--- TASK DETAILS ---
Tally the lines below containing "filename" and report only the total.

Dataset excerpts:
+ + +
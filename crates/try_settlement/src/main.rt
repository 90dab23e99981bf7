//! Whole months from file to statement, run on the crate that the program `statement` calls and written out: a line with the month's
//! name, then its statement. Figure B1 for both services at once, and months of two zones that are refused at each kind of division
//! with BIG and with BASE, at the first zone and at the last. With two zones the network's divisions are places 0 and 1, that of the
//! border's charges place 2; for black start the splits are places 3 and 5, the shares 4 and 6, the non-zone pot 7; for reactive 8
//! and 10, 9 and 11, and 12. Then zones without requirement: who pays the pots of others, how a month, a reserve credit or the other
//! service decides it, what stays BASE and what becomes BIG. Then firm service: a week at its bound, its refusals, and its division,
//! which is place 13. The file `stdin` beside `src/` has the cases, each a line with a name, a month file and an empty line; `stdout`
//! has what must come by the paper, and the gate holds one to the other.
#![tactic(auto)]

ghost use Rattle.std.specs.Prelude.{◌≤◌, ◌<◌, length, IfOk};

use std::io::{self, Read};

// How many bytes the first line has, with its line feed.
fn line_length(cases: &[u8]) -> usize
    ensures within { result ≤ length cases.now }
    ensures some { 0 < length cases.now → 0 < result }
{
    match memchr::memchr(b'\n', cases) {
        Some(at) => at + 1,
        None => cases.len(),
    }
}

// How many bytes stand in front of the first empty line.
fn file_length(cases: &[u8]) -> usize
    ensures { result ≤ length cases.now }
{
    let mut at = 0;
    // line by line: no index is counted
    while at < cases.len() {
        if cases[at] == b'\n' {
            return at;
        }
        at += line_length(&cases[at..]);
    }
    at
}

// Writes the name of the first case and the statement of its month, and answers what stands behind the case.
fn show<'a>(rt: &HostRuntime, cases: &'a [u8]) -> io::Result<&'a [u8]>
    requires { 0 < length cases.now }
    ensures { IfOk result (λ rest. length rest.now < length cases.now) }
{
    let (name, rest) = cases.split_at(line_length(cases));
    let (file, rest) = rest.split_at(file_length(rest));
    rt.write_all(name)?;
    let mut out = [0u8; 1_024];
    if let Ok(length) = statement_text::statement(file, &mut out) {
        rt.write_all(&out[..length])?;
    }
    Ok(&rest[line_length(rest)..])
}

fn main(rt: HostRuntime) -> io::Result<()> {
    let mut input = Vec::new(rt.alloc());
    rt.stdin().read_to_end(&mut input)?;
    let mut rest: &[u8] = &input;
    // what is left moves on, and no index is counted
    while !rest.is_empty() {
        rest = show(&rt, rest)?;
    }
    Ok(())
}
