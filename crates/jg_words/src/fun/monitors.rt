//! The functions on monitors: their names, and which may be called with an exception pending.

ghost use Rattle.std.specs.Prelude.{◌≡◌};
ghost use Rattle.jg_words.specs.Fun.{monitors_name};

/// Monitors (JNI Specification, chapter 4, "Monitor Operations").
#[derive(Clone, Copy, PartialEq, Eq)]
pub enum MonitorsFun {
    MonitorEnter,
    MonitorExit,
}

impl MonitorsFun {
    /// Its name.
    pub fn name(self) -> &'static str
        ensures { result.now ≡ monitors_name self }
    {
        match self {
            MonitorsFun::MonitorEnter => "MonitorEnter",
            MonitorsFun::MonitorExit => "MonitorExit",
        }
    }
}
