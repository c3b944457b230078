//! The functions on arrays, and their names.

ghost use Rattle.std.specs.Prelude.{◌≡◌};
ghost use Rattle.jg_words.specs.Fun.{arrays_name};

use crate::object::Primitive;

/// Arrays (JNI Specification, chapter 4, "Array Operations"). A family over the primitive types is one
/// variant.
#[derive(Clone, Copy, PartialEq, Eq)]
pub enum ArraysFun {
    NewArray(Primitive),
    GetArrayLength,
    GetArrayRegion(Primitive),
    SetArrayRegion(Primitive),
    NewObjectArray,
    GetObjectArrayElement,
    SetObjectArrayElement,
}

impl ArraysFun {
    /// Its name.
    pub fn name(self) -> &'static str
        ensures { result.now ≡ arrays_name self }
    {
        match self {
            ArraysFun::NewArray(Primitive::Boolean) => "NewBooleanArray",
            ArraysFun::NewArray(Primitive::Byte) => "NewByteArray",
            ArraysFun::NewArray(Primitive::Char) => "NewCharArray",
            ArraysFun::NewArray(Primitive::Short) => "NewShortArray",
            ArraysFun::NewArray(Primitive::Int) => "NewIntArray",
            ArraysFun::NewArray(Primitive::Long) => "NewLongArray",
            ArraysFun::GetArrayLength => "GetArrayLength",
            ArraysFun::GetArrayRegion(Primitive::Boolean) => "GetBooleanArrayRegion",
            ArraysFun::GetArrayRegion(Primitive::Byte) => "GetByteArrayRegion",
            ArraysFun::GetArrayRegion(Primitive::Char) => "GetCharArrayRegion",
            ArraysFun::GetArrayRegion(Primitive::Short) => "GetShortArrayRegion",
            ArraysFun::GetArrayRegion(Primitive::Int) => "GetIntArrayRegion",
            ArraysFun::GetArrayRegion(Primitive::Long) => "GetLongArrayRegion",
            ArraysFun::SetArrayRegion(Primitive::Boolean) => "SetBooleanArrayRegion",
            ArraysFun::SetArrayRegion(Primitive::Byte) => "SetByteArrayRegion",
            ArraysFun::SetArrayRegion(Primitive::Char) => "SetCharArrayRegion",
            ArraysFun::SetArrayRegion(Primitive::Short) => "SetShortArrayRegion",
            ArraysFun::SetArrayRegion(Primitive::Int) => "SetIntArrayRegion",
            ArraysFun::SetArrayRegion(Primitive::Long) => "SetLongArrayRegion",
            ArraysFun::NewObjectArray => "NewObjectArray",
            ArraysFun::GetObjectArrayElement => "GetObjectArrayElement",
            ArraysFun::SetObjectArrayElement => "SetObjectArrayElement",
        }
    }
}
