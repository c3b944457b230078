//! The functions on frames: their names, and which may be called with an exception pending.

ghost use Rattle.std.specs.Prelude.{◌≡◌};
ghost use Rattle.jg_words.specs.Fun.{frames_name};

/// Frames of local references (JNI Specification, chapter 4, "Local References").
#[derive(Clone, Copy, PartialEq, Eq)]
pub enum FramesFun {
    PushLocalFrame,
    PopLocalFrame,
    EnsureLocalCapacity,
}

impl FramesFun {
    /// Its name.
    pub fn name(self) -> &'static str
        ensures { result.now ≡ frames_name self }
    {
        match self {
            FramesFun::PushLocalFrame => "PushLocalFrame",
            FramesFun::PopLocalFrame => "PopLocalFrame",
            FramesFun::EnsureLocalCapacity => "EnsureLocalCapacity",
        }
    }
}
+ + +
--- SOLUTION BELOW ---
2